Each line below that contains "these" counts once; report the total and nothing more.

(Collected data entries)
☆ ☆ ☆ ☆

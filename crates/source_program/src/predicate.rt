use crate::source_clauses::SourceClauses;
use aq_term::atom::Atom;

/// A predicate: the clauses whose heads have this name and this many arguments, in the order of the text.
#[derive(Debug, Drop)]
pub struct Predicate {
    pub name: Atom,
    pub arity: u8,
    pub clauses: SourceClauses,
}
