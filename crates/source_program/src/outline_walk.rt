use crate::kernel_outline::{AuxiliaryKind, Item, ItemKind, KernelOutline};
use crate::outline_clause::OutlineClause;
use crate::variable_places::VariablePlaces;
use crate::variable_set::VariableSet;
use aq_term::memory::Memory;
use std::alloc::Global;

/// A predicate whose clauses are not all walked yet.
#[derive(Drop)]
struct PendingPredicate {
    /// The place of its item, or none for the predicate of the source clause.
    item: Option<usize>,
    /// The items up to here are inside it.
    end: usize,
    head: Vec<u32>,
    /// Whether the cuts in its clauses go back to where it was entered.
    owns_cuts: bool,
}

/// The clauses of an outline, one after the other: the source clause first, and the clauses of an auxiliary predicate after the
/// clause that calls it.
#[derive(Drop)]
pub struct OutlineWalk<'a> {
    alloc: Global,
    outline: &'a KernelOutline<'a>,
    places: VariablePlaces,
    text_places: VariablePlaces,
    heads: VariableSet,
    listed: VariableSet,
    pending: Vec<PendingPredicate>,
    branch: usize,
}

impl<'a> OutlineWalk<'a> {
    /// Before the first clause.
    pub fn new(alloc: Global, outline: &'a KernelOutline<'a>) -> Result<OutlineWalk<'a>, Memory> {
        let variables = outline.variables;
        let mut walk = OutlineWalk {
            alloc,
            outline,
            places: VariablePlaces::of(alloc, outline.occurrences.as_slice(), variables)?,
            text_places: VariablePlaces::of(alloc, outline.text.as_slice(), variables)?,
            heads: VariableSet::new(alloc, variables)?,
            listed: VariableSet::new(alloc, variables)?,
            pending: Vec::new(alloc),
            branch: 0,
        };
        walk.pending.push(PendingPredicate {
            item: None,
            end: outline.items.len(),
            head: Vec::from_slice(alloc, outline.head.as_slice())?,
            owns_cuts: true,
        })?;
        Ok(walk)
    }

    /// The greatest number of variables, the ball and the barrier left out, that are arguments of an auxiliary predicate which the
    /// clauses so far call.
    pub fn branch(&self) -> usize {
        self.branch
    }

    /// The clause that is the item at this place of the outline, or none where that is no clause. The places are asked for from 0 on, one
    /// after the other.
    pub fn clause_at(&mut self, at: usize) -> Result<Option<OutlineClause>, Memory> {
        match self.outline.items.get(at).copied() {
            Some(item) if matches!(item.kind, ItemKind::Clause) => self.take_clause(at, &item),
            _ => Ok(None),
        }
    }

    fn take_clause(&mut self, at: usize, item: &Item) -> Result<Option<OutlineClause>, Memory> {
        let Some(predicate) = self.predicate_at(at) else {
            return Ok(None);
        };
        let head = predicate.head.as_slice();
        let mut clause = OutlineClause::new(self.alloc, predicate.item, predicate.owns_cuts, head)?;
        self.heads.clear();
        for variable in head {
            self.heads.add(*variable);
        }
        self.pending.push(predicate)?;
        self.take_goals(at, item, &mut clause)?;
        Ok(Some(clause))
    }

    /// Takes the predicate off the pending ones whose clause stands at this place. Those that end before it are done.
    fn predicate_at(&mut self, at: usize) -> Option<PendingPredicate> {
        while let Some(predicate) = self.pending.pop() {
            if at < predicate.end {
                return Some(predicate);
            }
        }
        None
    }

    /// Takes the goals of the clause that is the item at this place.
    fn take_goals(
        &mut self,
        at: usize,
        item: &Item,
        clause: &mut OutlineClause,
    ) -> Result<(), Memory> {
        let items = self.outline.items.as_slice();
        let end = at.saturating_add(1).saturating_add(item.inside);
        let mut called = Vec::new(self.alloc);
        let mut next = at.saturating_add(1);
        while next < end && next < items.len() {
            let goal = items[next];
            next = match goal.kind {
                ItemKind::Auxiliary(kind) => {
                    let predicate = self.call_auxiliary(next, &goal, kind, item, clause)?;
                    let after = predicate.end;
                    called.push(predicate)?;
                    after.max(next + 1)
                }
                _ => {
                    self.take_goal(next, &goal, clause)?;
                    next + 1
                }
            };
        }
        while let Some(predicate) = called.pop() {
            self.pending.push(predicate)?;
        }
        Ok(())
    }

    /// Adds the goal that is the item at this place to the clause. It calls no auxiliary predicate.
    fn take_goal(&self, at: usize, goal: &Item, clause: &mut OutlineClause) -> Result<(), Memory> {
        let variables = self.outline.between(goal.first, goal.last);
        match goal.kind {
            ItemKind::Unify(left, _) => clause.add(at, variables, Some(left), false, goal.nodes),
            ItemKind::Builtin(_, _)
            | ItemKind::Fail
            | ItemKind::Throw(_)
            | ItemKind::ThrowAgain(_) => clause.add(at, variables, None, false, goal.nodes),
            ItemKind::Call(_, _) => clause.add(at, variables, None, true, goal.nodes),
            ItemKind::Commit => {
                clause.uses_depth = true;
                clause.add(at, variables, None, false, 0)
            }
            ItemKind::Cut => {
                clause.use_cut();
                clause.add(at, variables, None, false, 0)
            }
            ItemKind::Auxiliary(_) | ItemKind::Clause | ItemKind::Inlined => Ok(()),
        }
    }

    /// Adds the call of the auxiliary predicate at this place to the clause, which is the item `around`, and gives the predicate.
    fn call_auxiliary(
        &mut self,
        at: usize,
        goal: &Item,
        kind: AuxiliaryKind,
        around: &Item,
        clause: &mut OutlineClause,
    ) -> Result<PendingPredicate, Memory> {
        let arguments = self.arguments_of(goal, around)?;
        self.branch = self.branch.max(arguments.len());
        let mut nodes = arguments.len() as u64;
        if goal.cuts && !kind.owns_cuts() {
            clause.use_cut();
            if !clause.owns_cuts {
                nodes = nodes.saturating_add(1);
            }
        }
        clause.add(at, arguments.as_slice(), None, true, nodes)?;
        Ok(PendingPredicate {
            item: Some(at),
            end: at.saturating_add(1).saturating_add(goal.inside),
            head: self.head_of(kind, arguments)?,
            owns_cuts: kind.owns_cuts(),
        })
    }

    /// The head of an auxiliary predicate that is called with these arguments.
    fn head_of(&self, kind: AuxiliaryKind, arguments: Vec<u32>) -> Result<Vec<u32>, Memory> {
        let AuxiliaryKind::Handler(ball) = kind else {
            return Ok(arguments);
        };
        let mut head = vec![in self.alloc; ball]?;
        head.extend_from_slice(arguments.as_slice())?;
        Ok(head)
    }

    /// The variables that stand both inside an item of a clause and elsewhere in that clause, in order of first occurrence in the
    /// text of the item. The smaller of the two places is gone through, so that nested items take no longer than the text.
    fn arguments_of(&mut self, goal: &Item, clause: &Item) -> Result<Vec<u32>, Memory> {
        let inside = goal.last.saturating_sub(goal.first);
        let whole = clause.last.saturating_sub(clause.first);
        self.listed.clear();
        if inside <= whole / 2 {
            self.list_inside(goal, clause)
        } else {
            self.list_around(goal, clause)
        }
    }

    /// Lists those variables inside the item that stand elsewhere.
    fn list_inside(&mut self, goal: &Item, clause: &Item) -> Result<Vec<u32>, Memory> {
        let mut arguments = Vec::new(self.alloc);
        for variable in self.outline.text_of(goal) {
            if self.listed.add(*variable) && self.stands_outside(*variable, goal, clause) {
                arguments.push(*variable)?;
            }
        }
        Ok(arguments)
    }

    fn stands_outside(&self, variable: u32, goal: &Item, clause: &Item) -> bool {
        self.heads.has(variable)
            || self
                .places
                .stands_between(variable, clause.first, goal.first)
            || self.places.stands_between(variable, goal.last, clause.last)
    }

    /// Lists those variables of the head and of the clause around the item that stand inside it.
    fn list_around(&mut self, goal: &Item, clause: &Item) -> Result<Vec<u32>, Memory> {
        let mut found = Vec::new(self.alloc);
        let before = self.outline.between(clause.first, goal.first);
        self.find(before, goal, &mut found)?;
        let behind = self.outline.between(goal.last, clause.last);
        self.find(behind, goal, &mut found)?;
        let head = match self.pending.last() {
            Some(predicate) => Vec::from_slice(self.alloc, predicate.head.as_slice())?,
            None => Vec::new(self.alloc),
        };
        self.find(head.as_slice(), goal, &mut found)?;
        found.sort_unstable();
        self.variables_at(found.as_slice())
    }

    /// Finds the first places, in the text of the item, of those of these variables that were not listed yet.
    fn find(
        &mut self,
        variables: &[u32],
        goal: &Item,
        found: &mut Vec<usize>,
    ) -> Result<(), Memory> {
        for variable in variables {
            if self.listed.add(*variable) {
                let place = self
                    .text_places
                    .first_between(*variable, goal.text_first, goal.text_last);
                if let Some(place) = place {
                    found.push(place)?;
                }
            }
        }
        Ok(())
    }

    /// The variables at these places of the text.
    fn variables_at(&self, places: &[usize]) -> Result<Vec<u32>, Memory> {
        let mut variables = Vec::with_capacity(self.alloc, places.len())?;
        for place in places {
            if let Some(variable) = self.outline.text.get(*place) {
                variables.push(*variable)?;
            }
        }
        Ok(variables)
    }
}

☆ ☆ ☆ ☆

Result of this exercise = 3